■ Data to examine
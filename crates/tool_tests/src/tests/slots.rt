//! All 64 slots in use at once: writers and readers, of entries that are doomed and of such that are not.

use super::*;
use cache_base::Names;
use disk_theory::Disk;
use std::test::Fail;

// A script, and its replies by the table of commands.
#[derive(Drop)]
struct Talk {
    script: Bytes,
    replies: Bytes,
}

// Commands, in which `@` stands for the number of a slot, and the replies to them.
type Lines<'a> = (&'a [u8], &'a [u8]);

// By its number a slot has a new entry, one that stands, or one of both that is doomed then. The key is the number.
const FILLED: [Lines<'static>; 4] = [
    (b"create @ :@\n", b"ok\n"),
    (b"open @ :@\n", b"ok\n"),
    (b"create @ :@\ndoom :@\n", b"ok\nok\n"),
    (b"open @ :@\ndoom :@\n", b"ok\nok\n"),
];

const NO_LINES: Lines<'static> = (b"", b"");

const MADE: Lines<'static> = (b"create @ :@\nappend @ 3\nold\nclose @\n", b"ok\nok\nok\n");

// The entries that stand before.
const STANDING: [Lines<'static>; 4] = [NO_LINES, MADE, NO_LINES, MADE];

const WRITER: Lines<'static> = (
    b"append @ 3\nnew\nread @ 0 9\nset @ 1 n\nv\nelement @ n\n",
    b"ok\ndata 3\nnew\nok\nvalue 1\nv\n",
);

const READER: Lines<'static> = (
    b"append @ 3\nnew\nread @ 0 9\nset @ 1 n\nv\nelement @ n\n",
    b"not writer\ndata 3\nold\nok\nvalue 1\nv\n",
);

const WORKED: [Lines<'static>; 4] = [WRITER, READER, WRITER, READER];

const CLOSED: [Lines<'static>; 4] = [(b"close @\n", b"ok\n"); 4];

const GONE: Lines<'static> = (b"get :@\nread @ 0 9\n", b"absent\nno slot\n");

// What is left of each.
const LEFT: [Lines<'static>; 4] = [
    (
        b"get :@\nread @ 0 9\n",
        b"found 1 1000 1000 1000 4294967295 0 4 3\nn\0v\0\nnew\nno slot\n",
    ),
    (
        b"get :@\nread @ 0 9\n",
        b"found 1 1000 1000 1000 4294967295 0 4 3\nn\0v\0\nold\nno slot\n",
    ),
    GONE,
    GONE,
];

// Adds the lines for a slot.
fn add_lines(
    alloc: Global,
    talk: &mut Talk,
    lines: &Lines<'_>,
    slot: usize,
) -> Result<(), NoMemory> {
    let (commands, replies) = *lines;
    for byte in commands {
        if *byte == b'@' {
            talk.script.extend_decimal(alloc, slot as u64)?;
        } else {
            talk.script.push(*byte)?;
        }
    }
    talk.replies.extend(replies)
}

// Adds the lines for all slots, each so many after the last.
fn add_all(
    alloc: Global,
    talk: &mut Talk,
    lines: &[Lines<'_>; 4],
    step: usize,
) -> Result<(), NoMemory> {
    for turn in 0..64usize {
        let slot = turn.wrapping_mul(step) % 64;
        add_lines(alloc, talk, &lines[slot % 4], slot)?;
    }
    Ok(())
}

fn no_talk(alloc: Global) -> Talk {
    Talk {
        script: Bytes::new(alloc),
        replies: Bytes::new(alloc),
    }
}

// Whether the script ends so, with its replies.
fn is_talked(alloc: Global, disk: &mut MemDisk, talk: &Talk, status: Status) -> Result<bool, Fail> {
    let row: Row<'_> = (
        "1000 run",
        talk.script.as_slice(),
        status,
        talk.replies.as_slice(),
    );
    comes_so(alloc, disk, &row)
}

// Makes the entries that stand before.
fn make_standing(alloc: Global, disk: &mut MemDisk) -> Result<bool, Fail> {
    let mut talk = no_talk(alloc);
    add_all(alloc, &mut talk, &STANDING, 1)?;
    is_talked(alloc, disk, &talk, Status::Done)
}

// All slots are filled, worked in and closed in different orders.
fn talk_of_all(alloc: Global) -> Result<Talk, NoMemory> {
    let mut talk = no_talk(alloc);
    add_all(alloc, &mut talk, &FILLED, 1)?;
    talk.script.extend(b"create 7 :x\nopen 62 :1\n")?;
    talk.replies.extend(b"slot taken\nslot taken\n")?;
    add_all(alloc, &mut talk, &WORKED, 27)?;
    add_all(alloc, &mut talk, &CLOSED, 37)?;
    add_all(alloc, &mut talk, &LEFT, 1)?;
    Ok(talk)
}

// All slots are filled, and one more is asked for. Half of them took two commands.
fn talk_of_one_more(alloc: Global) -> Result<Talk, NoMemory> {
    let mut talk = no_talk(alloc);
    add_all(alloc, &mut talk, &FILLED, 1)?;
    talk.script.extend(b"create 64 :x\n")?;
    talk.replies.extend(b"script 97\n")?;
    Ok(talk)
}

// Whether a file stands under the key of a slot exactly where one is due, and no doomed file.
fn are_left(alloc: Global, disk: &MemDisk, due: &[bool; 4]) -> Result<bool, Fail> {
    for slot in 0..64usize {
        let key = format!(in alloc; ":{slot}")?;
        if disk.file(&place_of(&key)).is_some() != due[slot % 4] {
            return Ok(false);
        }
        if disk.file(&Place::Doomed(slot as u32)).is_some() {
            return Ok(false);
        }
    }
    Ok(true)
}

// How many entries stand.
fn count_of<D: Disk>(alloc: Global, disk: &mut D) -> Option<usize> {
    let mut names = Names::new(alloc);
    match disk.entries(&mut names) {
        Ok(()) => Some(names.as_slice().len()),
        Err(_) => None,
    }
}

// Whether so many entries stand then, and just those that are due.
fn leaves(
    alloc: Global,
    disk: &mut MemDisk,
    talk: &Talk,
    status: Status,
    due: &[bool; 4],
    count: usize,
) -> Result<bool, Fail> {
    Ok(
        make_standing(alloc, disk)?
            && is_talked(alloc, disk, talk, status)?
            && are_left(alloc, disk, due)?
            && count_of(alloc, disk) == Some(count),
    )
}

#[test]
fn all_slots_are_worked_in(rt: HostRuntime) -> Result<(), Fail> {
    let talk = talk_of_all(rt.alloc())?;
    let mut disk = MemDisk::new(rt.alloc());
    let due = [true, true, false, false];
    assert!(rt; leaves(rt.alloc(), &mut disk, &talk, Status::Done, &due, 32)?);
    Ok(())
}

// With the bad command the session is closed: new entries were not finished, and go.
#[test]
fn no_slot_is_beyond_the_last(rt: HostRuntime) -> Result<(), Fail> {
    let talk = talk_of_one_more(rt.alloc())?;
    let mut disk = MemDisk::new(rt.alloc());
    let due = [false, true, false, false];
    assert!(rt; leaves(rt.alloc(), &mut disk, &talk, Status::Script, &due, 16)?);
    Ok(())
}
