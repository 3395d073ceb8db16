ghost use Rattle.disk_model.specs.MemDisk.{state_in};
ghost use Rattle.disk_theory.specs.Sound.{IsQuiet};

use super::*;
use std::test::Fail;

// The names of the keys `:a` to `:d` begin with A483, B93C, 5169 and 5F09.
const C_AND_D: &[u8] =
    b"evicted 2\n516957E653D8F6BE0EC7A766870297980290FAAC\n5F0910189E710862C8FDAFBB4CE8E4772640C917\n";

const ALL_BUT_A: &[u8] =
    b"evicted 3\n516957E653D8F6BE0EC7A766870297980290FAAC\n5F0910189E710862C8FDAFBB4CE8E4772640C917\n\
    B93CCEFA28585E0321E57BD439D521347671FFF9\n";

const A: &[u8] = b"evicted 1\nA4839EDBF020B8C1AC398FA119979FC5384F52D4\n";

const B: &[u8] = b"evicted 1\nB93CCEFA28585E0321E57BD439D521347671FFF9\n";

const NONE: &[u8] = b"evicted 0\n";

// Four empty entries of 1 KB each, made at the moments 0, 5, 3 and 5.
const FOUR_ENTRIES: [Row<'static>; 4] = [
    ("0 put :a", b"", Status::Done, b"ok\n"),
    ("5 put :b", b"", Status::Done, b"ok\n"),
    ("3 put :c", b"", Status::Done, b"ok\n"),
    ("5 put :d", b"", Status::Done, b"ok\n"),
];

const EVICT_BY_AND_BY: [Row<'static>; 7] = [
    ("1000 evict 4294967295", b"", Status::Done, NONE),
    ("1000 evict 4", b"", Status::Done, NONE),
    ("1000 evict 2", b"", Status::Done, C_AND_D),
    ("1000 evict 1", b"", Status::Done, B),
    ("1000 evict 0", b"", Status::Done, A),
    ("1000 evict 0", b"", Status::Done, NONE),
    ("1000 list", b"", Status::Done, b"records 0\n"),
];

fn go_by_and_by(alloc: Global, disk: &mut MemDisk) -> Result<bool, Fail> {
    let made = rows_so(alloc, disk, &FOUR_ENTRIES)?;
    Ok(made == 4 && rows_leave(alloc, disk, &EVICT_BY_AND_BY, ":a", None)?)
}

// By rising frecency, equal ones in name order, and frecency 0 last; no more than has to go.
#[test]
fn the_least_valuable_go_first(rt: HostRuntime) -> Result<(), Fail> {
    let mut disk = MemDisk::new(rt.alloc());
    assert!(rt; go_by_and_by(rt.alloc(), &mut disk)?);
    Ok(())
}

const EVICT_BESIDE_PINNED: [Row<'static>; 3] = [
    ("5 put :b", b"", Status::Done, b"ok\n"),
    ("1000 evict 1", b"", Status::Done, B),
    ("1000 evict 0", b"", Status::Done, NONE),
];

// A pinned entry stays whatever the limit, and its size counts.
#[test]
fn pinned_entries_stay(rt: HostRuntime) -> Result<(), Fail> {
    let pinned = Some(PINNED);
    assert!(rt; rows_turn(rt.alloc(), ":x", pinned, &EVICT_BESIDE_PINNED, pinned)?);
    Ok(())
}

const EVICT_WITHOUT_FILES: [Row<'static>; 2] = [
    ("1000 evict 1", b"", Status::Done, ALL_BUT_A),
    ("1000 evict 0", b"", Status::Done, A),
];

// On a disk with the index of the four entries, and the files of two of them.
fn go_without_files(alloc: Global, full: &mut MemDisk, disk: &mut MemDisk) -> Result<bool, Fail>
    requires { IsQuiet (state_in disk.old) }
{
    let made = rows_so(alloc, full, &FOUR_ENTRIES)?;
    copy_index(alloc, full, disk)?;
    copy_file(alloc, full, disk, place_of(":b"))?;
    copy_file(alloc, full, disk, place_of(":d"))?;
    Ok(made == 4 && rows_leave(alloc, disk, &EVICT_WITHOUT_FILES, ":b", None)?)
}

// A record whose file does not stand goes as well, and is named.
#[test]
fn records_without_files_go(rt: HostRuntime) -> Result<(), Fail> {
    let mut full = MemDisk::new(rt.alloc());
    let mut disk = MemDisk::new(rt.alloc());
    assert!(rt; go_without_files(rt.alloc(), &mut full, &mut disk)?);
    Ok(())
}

■ Exercise description
Report every line of the entries that carries the word "leaves".

■ Finished task
fn leaves(
    assert!(rt; leaves(rt.alloc(), &mut disk, &talk, Status::Done, &due, 32)?);
    assert!(rt; leaves(rt.alloc(), &mut disk, &talk, Status::Script, &due, 16)?);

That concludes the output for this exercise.